## [EXERCISE]
Copy each line of the records below, from the first through the one that contains "A dictionary inside", exactly as written.
━━━━━ SUPPLIED RECORDS
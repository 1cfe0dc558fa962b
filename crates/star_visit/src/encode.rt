//! The JSON of values, which pay a step for each value that they show.
//!
//! It is not built: it is a draft. The members of a dictionary are gathered when the text enters it. A dictionary inside
//! itself, which ends in `Deep` or in `Steps`, has those that were gathered for it: it takes no memory for each level.

ghost use Rattle.std.specs.Prelude.{◌≡◌, ◌≤◌, ◌<◌, ◌^◌, ◌++◌, ◌+◌, [], IfOk, IfSome, OnOk, Option, Some};
ghost use Rattle.std.specs.Fmt.{signed_decimal};
ghost use Rattle.std.specs.Option.{option_copied, option_map};
ghost use Rattle.json.specs.Print.{quoted};
ghost use Rattle.star_store.specs.Fields.{is_before};
ghost use Rattle.star_store.specs.Json.{bool_word, closing, colon, comma, json, line, members, named, put_array, put_cell, put_dict, put_elements, put_items, put_member, put_members, put_nth, put_object, put_place, put_set, put_value};
ghost use Rattle.star_store.specs.Sorting.{in_order};
ghost use Rattle.star_store.specs.Store.{look};
ghost use Rattle.star_store.specs.Text.{Tells, same_address};
ghost use Rattle.star_store.specs.declared.values.Value.{Value as AnyValue};
ghost use Rattle.star_store.specs.declared.values.Cell.{Cell as AnyCell};
ghost use Rattle.star_store.specs.declared.values.Cell.TheVariants as cell;
ghost use Rattle.star_visit.specs.Sheets.{AreMembers, AreWithin, Writes, look_in};

use crate::draft::Draft;
use sqlite_items::Boxed;
use star_store::arena::{Arena, Homes};
use star_store::budget::Budget;
use star_store::fault::StoreFault;
use star_store::fields::Fields;
use star_store::layout::Layout;
use star_store::values::{Cell, Entries, Value, Values};
use star_text::Text;
use std::alloc::{AllocError, Global};

/// What is written: the stores that values lead to, and the layout.
#[derive(Drop)]
struct Source<'a> {
    arena: &'a Arena,
    homes: &'a Homes<'a>,
    layout: &'a Layout,
}

/// A text that grows, and the steps that are left.
#[derive(Drop)]
struct Sheet {
    alloc: Global,
    out: Draft,
    steps: u64,
}
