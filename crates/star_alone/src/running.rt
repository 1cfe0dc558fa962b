//! The run by one loader that never waits.

ghost use Rattle.std.specs.Prelude.{◌≡◌, ◌+◌, ◌<◌, ◌≤◌, ℕ, All, IfOk, IfSome, length, sum, vec_len};
ghost use Rattle.star_cache.specs.State.{HasEnded};
ghost use Rattle.star_host.specs.Counts.{AreCounts};
ghost use Rattle.star_host.specs.Worlds.{IsContext};
ghost use Rattle.star_outcome.specs.Fits.{IsWithin};
ghost use Rattle.star_outcome.specs.Kept.{AllKept, AreModules, AreModulesOf};
ghost use Rattle.star_outcome.specs.Refusals.{AreRefusals, AreRefusalsOf};
ghost use Rattle.star_plan.specs.Reached.{IsReached};
ghost use Rattle.star_reading.specs.Found.{IsReadOf, Within};
ghost use Rattle.star_reading.specs.Readings.{IsPlaceable};

use crate::cache::Cache;
use crate::loading::load;
use crate::reading::{ReadError, read_alone};
use star_cache::Book;
use star_host::running::root_at;
use star_host::settle::{kept_of, reached};
use star_host::{LoadContext, LoadError, Run, RunError, RunOptions, programs};
use star_label::files::Files as Labels;
use star_outcome::module::Module;
use star_outcome::outcome::Kept;
use star_outcome::run_id::RunId;
use star_outcome::shelf::Shelf;
use star_outcome::told::Told;
use star_outcome::trace::CyclicLoad;
use star_reading::reading::Reads;
use star_tree::tree::Tree;
use std::alloc::{AllocError, Global};
use std::marker::Brand;

/// The error of a run whose files were not read.
fn unread(error: ReadError) -> RunError {
    match error {
        ReadError::Memory => RunError::Memory,
        ReadError::Unpublished => RunError::Unpublished,
    }
}

/// The values of a book in which all reached files have ended, without the shelf.
#[derive(Drop)]
struct Ended {
    kept: Vec<Kept>,
    begun: u32,
    refused: Vec<CyclicLoad>,
}

/// Loads each root.
fn load_each<'s, 'r, 'p, 't, J: RunId>(
    common: &LoadContext<'s, 'r, 'p, 't>,
    cache: &mut Cache<J>,
) -> Result<(), LoadError>
    requires world { IsContext J.files J.plan J.shelf common.now }
    requires within { IsWithin J.files J.plan }
    requires roots { common.now.roots.now ≡ J.plan.roots }
{
    let roots = common.roots;
    for i in 0..roots.len() {
        load(common, cache, root_at::<J>(roots, i))?;
    }
    Ok(())
}

/// The values of a book in which all reached files have ended.
fn ended_of<J: RunId>(
    alloc: Global,
    book: Book<Told<J>>,
    refused: Vec<CyclicLoad>,
) -> Result<Ended, AllocError>
    requires cells { length J.shelf ≡ length J.files }
    requires within { IsWithin J.files J.plan }
    requires ended { (n : ℕ) → IsReached J.plan n → HasEnded book n }
    requires refused { AreRefusals J.plan refused.items }
    ensures kept { IfOk result (λ c. AllKept J.shelf c.kept.items) }
    ensures modules { IfOk result (λ c. AreModules J.plan c.kept.items) }
    ensures begun { IfOk result (λ c. c.begun ≡ vec_len c.kept) }
    ensures refused { IfOk result (λ c. AreRefusals J.plan c.refused.items) }
{
    let begun = book.begun();
    let kept = kept_of(alloc, book)?;
    Ok(Ended {
        kept,
        begun,
        refused,
    })
}

/// The run of a run id: its roots are loaded, and the modules of all reached files are kept.
fn run_named<'s, 'r, 'p, 't, J: RunId>(
    common: &LoadContext<'s, 'r, 'p, 't>,
) -> Result<Ended, RunError>
    requires world { IsContext J.files J.plan J.shelf common.now }
    requires within { IsWithin J.files J.plan }
    requires roots { common.now.roots.now ≡ J.plan.roots }
    ensures begun { IfOk result (λ c. c.begun ≡ vec_len c.kept) }
    ensures kept { IfOk result (λ c. AllKept common.now.modules.now c.kept.items) }
    ensures modules { IfOk result (λ c. AreModules J.plan c.kept.items) }
    ensures refused { IfOk result (λ c. AreRefusals J.plan c.refused.items) }
{
    let alloc = common.alloc;
    let mut cache = Cache::<J>::new(alloc, common.files.len())?;
    load_each(common, &mut cache)?;
    let reached = reached(alloc, common.reads)?;
    if !cache.have_ended(&reached) {
        return Err(RunError::Unpublished);
    }
    let (book, refused) = cache.into_parts();
    Ok(ended_of(alloc, book, refused)?)
}

/// The run over the files that were read, with a shelf for the modules.
fn run_over<'s, 'r, 't>(
    alloc: Global,
    files: &'s Labels,
    reads: &'r Reads<'t>,
    modules: &'s Shelf<Module>,
    options: RunOptions<'s>,
) -> Result<Ended, RunError>
    requires prelude { IfSome options.prelude (λ p. p < length files.now) }
    requires steps { (1 ≤ options.mode.now.steps) × (options.mode.now.steps ≤ 100000000) }
    requires cells { length modules.now ≡ length files.now }
    requires read { IsReadOf files.now options.roots.now options.prelude options.mode.now.language reads.now.all.items }
    requires placeable { All IsPlaceable reads.now.all.items }
    ensures kept { IfOk result (λ c. AllKept modules.now c.kept.items) }
    ensures modules { let o = options.entry in
        IfOk result (λ c. AreModulesOf files.now o.roots.now o.prelude o.mode.now c.kept.items) }
    ensures begun { IfOk result (λ c. c.begun ≡ vec_len c.kept) }
    ensures refused { let o = options.entry in
        IfOk result (λ c. AreRefusalsOf files.now o.roots.now o.prelude o.mode.now c.refused.items) }
{
    let programs = programs(alloc, reads)?;
    let common = LoadContext::new(alloc, files, reads, &programs, modules, &[], options);
    run_named::<Brand>(&common)
}

/// The counts of the loaders where one has begun all files.
fn counts_of_one(begun: u32) -> [u32; 64]
    ensures counts { AreCounts 1 begun result }
    ensures sum { sum result ≡ begun }
{
    let mut counts = [0; 64];
    counts[0] = begun;
    counts
}

/// Loads the roots by the caller's own thread: the modules of exactly the reached files, in order, each with its
/// outcome, and the loads that were refused. Each of these lies on a cycle of loads. The number of loaders is not read.
/// The trees and the readings of the files stay with the caller. `Memory` if an allocation failed. `Unpublished` where
/// a cell did not take its module or its tree.
pub fn run_alone<'t>(
    alloc: Global,
    files: &Labels,
    trees: &'t Shelf<Tree>,
    reads: &mut Reads<'t>,
    options: RunOptions<'_>,
) -> Result<Run, RunError>
    requires cells { length trees.now ≡ length files.now + 1 }
    requires roots { Within files.now options.roots.now }
    requires prelude { IfSome options.prelude (λ n. n < length files.now) }
    requires steps { (1 ≤ options.mode.now.steps) × (options.mode.now.steps ≤ 100000000) }
    ensures read { let o = options.entry in
        IfOk result (λ _. IsReadOf files.now o.roots.now o.prelude o.mode.now.language reads.new.all.items) }
    ensures files { IfOk result (λ r. length r.cells ≡ length files.now) }
    ensures modules { let o = options.entry in
        IfOk result (λ r. AreModulesOf files.now o.roots.now o.prelude o.mode.now r.kept) }
    ensures begun { IfOk result (λ r. r.begun ≡ length r.kept) }
    ensures sum { IfOk result (λ r. sum r.per_loader ≡ r.begun) }
    ensures counts { IfOk result (λ r. AreCounts 1 r.begun r.per_loader) }
    ensures refused { let o = options.entry in
        IfOk result (λ r. AreRefusalsOf files.now o.roots.now o.prelude o.mode.now r.refused) }
{
    let modules = Shelf::new(alloc, files.len())?;
    *reads = match read_alone(
        alloc,
        files,
        trees,
        options.roots,
        options.prelude,
        &options.mode.language,
    ) {
        Ok(reads) => reads,
        Err(error) => return Err(unread(error)),
    };
    let Ended {
        kept,
        begun,
        refused,
    } = run_over(alloc, files, reads, &modules, options)?;
    let per_loader = counts_of_one(begun);
    let ballasts = Vec::new(alloc);
    Ok(Run::new(modules, kept, begun, per_loader, refused, ballasts))
}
━━━━━━━━━━
## [EXERCISE OUTPUT]
repository 1cfe0dc558fa962b
filename crates/star_visit/src/encode.rt
//! The JSON of values, which pay a step for each value that they show.
//!
//! It is not built: it is a draft. The members of a dictionary are gathered when the text enters it. A dictionary inside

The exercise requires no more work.